_What to do_: Down to the last character, repeat the entries beneath this task.
━━━━━ Dataset content ━━━━━
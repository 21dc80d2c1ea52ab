// The words of `serve`, `join` and `page`, read: a folder or a port, roots, and options with their standard
// values.
ghost use Rattle.std.specs.Prelude.{◌≡◌, ◌≢◌, ◌≤◌, []};
ghost use Rattle.std.specs.Prelude.{false, IfOk, IfSome, IsErrOf, codes, map, string_bytes};
ghost use Rattle.clap.specs.Words.{found_of, rows_of};
ghost use Rattle.core_model.specs.Roots.{AreRoots, are_bad};
ghost use Rattle.command_words.specs.Words.{Between, Gives, HasJoinNumbers, HasRanges, HasServeNumbers};
ghost use Rattle.command_words.specs.Words.{IsServable, any_roots, faults_of, found_in, join_app, join_of};
ghost use Rattle.command_words.specs.Words.{joining, number_of, number_or, page_app, page_of, plan_of};
ghost use Rattle.command_words.specs.Words.{serve_app, serve_of, serving, some_roots, word_of, words_of};

use crate::command::{Command, ServePlan, WordsFault};
use crate::found::{flag_in, number_or, port_in, taken, word_in, words_in};
use crate::grammars::{join_grammar, page_grammar, serve_grammar};
use crate::roots::read_roots;
use clap::ArgMatches;
use hmr_types::{ModName, Sequence, Text};
use std::alloc::Global;

pub(crate) fn read_serve(alloc: Global, words: &[String]) -> Result<Command, WordsFault>
    ensures exact { Gives result (serve_of (map string_bytes words.now)) }
    ensures ranges { IfOk result HasRanges }
{
    let matches = serve_matches(alloc, words)?;
    let folder = folder_in(alloc, &matches)?;
    let roots = some_roots_in(alloc, &matches)?;
    Ok(Command::Serve(plan_of(&matches, folder, roots)))
}

/// What `clap` finds in the words of `serve`: its numbers are in their ranges.
fn serve_matches<'a>(alloc: Global, words: &'a [String]) -> Result<ArgMatches<'a>, WordsFault>
    ensures taken { IfOk result (λ _. faults_of serve_app (map string_bytes words.entry.now) ≡ []) }
    ensures rows { IfOk result (λ m.
        rows_of (found_of m) ≡ found_in serve_app (map string_bytes words.entry.now)) }
    ensures numbers { IfOk result (λ m. HasServeNumbers (found_of m)) }
    ensures refused { IsErrOf result WordsFault.NotACommand
        → faults_of serve_app (map string_bytes words.entry.now) ≢ [] }
{
    let command = serve_grammar(alloc)?;
    taken(command, words)
}

fn folder_in(alloc: Global, matches: &ArgMatches<'_>) -> Result<Text, WordsFault>
    ensures { Gives result (word_of (codes "FOLDER") (rows_of (found_of matches.now))) }
{
    match word_in(matches, "FOLDER") {
        Some(folder) => Ok(Text::from_string(String::from_str(alloc, folder)?)),
        None => Err(WordsFault::NotACommand),
    }
}

fn some_roots_in(alloc: Global, matches: &ArgMatches<'_>) -> Result<Sequence<ModName>, WordsFault>
    ensures exact { Gives result (some_roots (words_of (codes "ROOT") (rows_of (found_of matches.now)))) }
    ensures good { IfOk result AreRoots }
{
    match words_in(matches, "ROOT") {
        Some([]) | None => Err(WordsFault::NotACommand),
        Some(words) => read_roots(alloc, words),
    }
}

/// The plan for a folder and roots, with the options that were found.
fn plan_of(matches: &ArgMatches<'_>, folder: Text, roots: Sequence<ModName>) -> ServePlan
    requires numbers { HasServeNumbers (found_of matches.now) }
    requires roots { AreRoots roots }
    ensures exact { result ≡ plan_of (rows_of (found_of matches.now)) folder roots }
    ensures ranges { IsServable result }
{
    let port = match port_in(matches, "port") {
        Some(port) => port,
        None => 0,
    };
    ServePlan {
        folder,
        roots,
        port,
        clients: number_or(matches, "clients", 0),
        outside: number_or(matches, "outside", 0),
        turns: number_or(matches, "turns", 1000),
        workers: number_or(matches, "workers", 2),
        rounds: number_or(matches, "rounds", 0),
        edits: flag_in(matches, "edits"),
        recorded: flag_in(matches, "record"),
    }
}

pub(crate) fn read_join(alloc: Global, words: &[String]) -> Result<Command, WordsFault>
    ensures exact { Gives result (join_of (map string_bytes words.now)) }
    ensures ranges { IfOk result HasRanges }
{
    let matches = join_matches(alloc, words)?;
    joining(alloc, &matches)
}

/// What `clap` finds in the words of `join`: its numbers are in their ranges.
fn join_matches<'a>(alloc: Global, words: &'a [String]) -> Result<ArgMatches<'a>, WordsFault>
    ensures taken { IfOk result (λ _. faults_of join_app (map string_bytes words.entry.now) ≡ []) }
    ensures rows { IfOk result (λ m.
        rows_of (found_of m) ≡ found_in join_app (map string_bytes words.entry.now)) }
    ensures numbers { IfOk result (λ m. HasJoinNumbers (found_of m)) }
    ensures refused { IsErrOf result WordsFault.NotACommand
        → faults_of join_app (map string_bytes words.entry.now) ≢ [] }
{
    let command = join_grammar(alloc)?;
    taken(command, words)
}

/// The command that joins the server that was found.
fn joining(alloc: Global, matches: &ArgMatches<'_>) -> Result<Command, WordsFault>
    requires numbers { HasJoinNumbers (found_of matches.now) }
    ensures exact { Gives result (joining (rows_of (found_of matches.now))
        (number_of (codes "PORT") (rows_of (found_of matches.now)))
        (any_roots (words_of (codes "ROOT") (rows_of (found_of matches.now))))) }
    ensures ranges { IfOk result HasRanges }
{
    let Some(port) = port_in(matches, "PORT") else {
        return Err(WordsFault::NotACommand);
    };
    let roots = any_roots_in(alloc, matches)?;
    let turns = number_or(matches, "turns", 1000);
    Ok(Command::Join { port, roots, turns })
}

fn any_roots_in(alloc: Global, matches: &ArgMatches<'_>) -> Result<Sequence<ModName>, WordsFault>
    ensures exact { Gives result (any_roots (words_of (codes "ROOT") (rows_of (found_of matches.now)))) }
    ensures good { IfOk result (λ roots. are_bad roots ≡ false) }
{
    match words_in(matches, "ROOT") {
        Some(words) => read_roots(alloc, words),
        None => Ok(Sequence::new(alloc)),
    }
}

pub(crate) fn read_page(alloc: Global, words: &[String]) -> Result<Command, WordsFault>
    ensures exact { Gives result (page_of (map string_bytes words.now)) }
    ensures ranges { IfOk result HasRanges }
{
    let matches = page_matches(alloc, words)?;
    let folder = folder_in(alloc, &matches)?;
    Ok(Command::Page(folder))
}

/// What `clap` finds in the words of `page`.
fn page_matches<'a>(alloc: Global, words: &'a [String]) -> Result<ArgMatches<'a>, WordsFault>
    ensures taken { IfOk result (λ _. faults_of page_app (map string_bytes words.entry.now) ≡ []) }
    ensures rows { IfOk result (λ m.
        rows_of (found_of m) ≡ found_in page_app (map string_bytes words.entry.now)) }
    ensures refused { IsErrOf result WordsFault.NotACommand
        → faults_of page_app (map string_bytes words.entry.now) ≢ [] }
{
    let command = page_grammar(alloc)?;
    taken(command, words)
}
━━━━━
_Completed task_:
repository 21dc80d2c1ea52ab
// The words of `serve`, `join` and `page`, read: a folder or a port, roots, and options with their standard
// values.
ghost use Rattle.std.specs.Prelude.{◌≡◌, ◌≢◌, ◌≤◌, []};
ghost use Rattle.std.specs.Prelude.{false, IfOk, IfSome, IsErrOf, codes, map, string_bytes};
ghost use Rattle.clap.specs.Words.{found_of, rows_of};
ghost use Rattle.core_model.specs.Roots.{AreRoots, are_bad};
ghost use Rattle.command_words.specs.Words.{Between, Gives, HasJoinNumbers, HasRanges, HasServeNumbers};
ghost use Rattle.command_words.specs.Words.{IsServable, any_roots, faults_of, found_in, join_app, join_of};
ghost use Rattle.command_words.specs.Words.{joining, number_of, number_or, page_app, page_of, plan_of};
ghost use Rattle.command_words.specs.Words.{serve_app, serve_of, serving, some_roots, word_of, words_of};

use crate::command::{Command, ServePlan, WordsFault};
use crate::found::{flag_in, number_or, port_in, taken, word_in, words_in};
use crate::grammars::{join_grammar, page_grammar, serve_grammar};
use crate::roots::read_roots;
use clap::ArgMatches;
use hmr_types::{ModName, Sequence, Text};
use std::alloc::Global;

pub(crate) fn read_serve(alloc: Global, words: &[String]) -> Result<Command, WordsFault>
    ensures exact { Gives result (serve_of (map string_bytes words.now)) }
    ensures ranges { IfOk result HasRanges }
{
    let matches = serve_matches(alloc, words)?;
    let folder = folder_in(alloc, &matches)?;
    let roots = some_roots_in(alloc, &matches)?;
    Ok(Command::Serve(plan_of(&matches, folder, roots)))
}

/// What `clap` finds in the words of `serve`: its numbers are in their ranges.
fn serve_matches<'a>(alloc: Global, words: &'a [String]) -> Result<ArgMatches<'a>, WordsFault>
    ensures taken { IfOk result (λ _. faults_of serve_app (map string_bytes words.entry.now) ≡ []) }
    ensures rows { IfOk result (λ m.
        rows_of (found_of m) ≡ found_in serve_app (map string_bytes words.entry.now)) }
    ensures numbers { IfOk result (λ m. HasServeNumbers (found_of m)) }
    ensures refused { IsErrOf result WordsFault.NotACommand
        → faults_of serve_app (map string_bytes words.entry.now) ≢ [] }
{
    let command = serve_grammar(alloc)?;
    taken(command, words)
}

fn folder_in(alloc: Global, matches: &ArgMatches<'_>) -> Result<Text, WordsFault>
    ensures { Gives result (word_of (codes "FOLDER") (rows_of (found_of matches.now))) }
{
    match word_in(matches, "FOLDER") {
        Some(folder) => Ok(Text::from_string(String::from_str(alloc, folder)?)),
        None => Err(WordsFault::NotACommand),
    }
}

fn some_roots_in(alloc: Global, matches: &ArgMatches<'_>) -> Result<Sequence<ModName>, WordsFault>
    ensures exact { Gives result (some_roots (words_of (codes "ROOT") (rows_of (found_of matches.now)))) }
    ensures good { IfOk result AreRoots }
{
    match words_in(matches, "ROOT") {
        Some([]) | None => Err(WordsFault::NotACommand),
        Some(words) => read_roots(alloc, words),
    }
}

/// The plan for a folder and roots, with the options that were found.
fn plan_of(matches: &ArgMatches<'_>, folder: Text, roots: Sequence<ModName>) -> ServePlan
    requires numbers { HasServeNumbers (found_of matches.now) }
    requires roots { AreRoots roots }
    ensures exact { result ≡ plan_of (rows_of (found_of matches.now)) folder roots }
    ensures ranges { IsServable result }
{
    let port = match port_in(matches, "port") {
        Some(port) => port,
        None => 0,
    };
    ServePlan {
        folder,
        roots,
        port,
        clients: number_or(matches, "clients", 0),
        outside: number_or(matches, "outside", 0),
        turns: number_or(matches, "turns", 1000),
        workers: number_or(matches, "workers", 2),
        rounds: number_or(matches, "rounds", 0),
        edits: flag_in(matches, "edits"),
        recorded: flag_in(matches, "record"),
    }
}

pub(crate) fn read_join(alloc: Global, words: &[String]) -> Result<Command, WordsFault>
    ensures exact { Gives result (join_of (map string_bytes words.now)) }
    ensures ranges { IfOk result HasRanges }
{
    let matches = join_matches(alloc, words)?;
    joining(alloc, &matches)
}

/// What `clap` finds in the words of `join`: its numbers are in their ranges.
fn join_matches<'a>(alloc: Global, words: &'a [String]) -> Result<ArgMatches<'a>, WordsFault>
    ensures taken { IfOk result (λ _. faults_of join_app (map string_bytes words.entry.now) ≡ []) }
    ensures rows { IfOk result (λ m.
        rows_of (found_of m) ≡ found_in join_app (map string_bytes words.entry.now)) }
    ensures numbers { IfOk result (λ m. HasJoinNumbers (found_of m)) }
    ensures refused { IsErrOf result WordsFault.NotACommand
        → faults_of join_app (map string_bytes words.entry.now) ≢ [] }
{
    let command = join_grammar(alloc)?;
    taken(command, words)
}

/// The command that joins the server that was found.
fn joining(alloc: Global, matches: &ArgMatches<'_>) -> Result<Command, WordsFault>
    requires numbers { HasJoinNumbers (found_of matches.now) }
    ensures exact { Gives result (joining (rows_of (found_of matches.now))
        (number_of (codes "PORT") (rows_of (found_of matches.now)))
        (any_roots (words_of (codes "ROOT") (rows_of (found_of matches.now))))) }
    ensures ranges { IfOk result HasRanges }
{
    let Some(port) = port_in(matches, "PORT") else {
        return Err(WordsFault::NotACommand);
    };
    let roots = any_roots_in(alloc, matches)?;
    let turns = number_or(matches, "turns", 1000);
    Ok(Command::Join { port, roots, turns })
}

fn any_roots_in(alloc: Global, matches: &ArgMatches<'_>) -> Result<Sequence<ModName>, WordsFault>
    ensures exact { Gives result (any_roots (words_of (codes "ROOT") (rows_of (found_of matches.now)))) }
    ensures good { IfOk result (λ roots. are_bad roots ≡ false) }
{
    match words_in(matches, "ROOT") {
        Some(words) => read_roots(alloc, words),
        None => Ok(Sequence::new(alloc)),
    }
}

pub(crate) fn read_page(alloc: Global, words: &[String]) -> Result<Command, WordsFault>
    ensures exact { Gives result (page_of (map string_bytes words.now)) }
    ensures ranges { IfOk result HasRanges }
{
    let matches = page_matches(alloc, words)?;
    let folder = folder_in(alloc, &matches)?;
    Ok(Command::Page(folder))
}

/// What `clap` finds in the words of `page`.
fn page_matches<'a>(alloc: Global, words: &'a [String]) -> Result<ArgMatches<'a>, WordsFault>
    ensures taken { IfOk result (λ _. faults_of page_app (map string_bytes words.entry.now) ≡ []) }
    ensures rows { IfOk result (λ m.
        rows_of (found_of m) ≡ found_in page_app (map string_bytes words.entry.now)) }
    ensures refused { IsErrOf result WordsFault.NotACommand
        → faults_of page_app (map string_bytes words.entry.now) ≢ [] }
{
    let command = page_grammar(alloc)?;
    taken(command, words)
}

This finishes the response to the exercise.